His coxswain followed him up the ladder with some rope and blocks and flung them down on the deck.

"There's your confounded tackle you left aboard me last night. You're a confounded lot of burglars, the whole boiling lot of you," Rashleigh said to the Commander, and I am certain I could detect some slight traces of irritation in his manner.

Old Truscott himself flared up then—I'd never seen him angry before—and cursed the coxswain for throwing the tackle on the quarterdeck, and ordered him to pick it up again. He then took the fat little sausage, stamping with rage and red as a lobster, down to see the Skipper, whilst the others hauled me into the battery, banged me on the back, and implored me in the most gentlemanly way to stow "'hee-hawing', like a whole pack of jackasses, you chump-headed son-of-a-sea-cook, or you'll be giving the whole show away".

As Trevelyan had been the officer of the watch when the dastardly outrage was supposed to have taken place, he was sent for to throw some light on the subject, and after Rashleigh had gone away we heard from him all that had happened down there.

Neither the Skipper nor Truscott actually did know anything about it at all, and when Rashleigh, like the blundering ass that he was, suggested that they both did, the Skipper naturally flew into a rage, and after Trevelyan and the quartermaster who had been on duty at the time had sworn blindly that they'd seen nothing come on board during their watch (they had taken jolly care to be out of the way whilst we hoisted it in), he roared out, "What have you to say to that?" and little Rashleigh didn't know what to say, but was so madly angry, and so certain that no other ship could have taken it, that he stammered out that he would like the ship searched.

"Search 'Old Lest's' ship for your lousy gun! You! You!——"

Fortunately the Skipper could never do justice to his vocabulary when he really was angry, so could not think of any particularly appropriate epithets suitable for this occasion.

But Rashleigh wasn't finished with yet, and stuttered out, "I'll report the whole thing to the Commander-in-chief!"

"Report till you're blue in the face!" the Skipper roared. "You've got no blessed right to the gun—no more right than the other gunboats; you got it under false pretences, in the first place;" and he shook his fists at him.

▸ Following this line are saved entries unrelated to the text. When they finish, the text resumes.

//! A memory performs asks.

ghost use Rattle.pmem_words.specs.Conducts.{Conduct};

use crate::seat::SeatState;
use asks::Ask;

/// Words that perform the asks of a seat.
pub trait Memory {
    /// Which asks it takes now from a seat in this state, and how the memory before, the state, an ask, its answer and the memory after
    /// belong together.
    ghost store: { Conduct Self };

    /// Performs one ask of a seat in this state that it takes now, and gives its answer.
    fn perform(&mut self, seat: &SeatState, ask: Ask) -> u64
        requires { store.takes self.old seat.now ask }
        ensures { store.step self.old seat.now ask result self.new };
}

"If a gun and its carriage—umph!—can be taken off your quarterdeck without anyone knowing about it, you must run your ship in a pretty smart way. Umph! If you can't be trusted to keep it safely, I'll take jolly good care you don't get the chance again. You got it by a lie—yes, a downright lie—and if it does turn up aboard here, you can shout yourself hoarse for it. 'Old Lest's' blowed if he'll give it you again."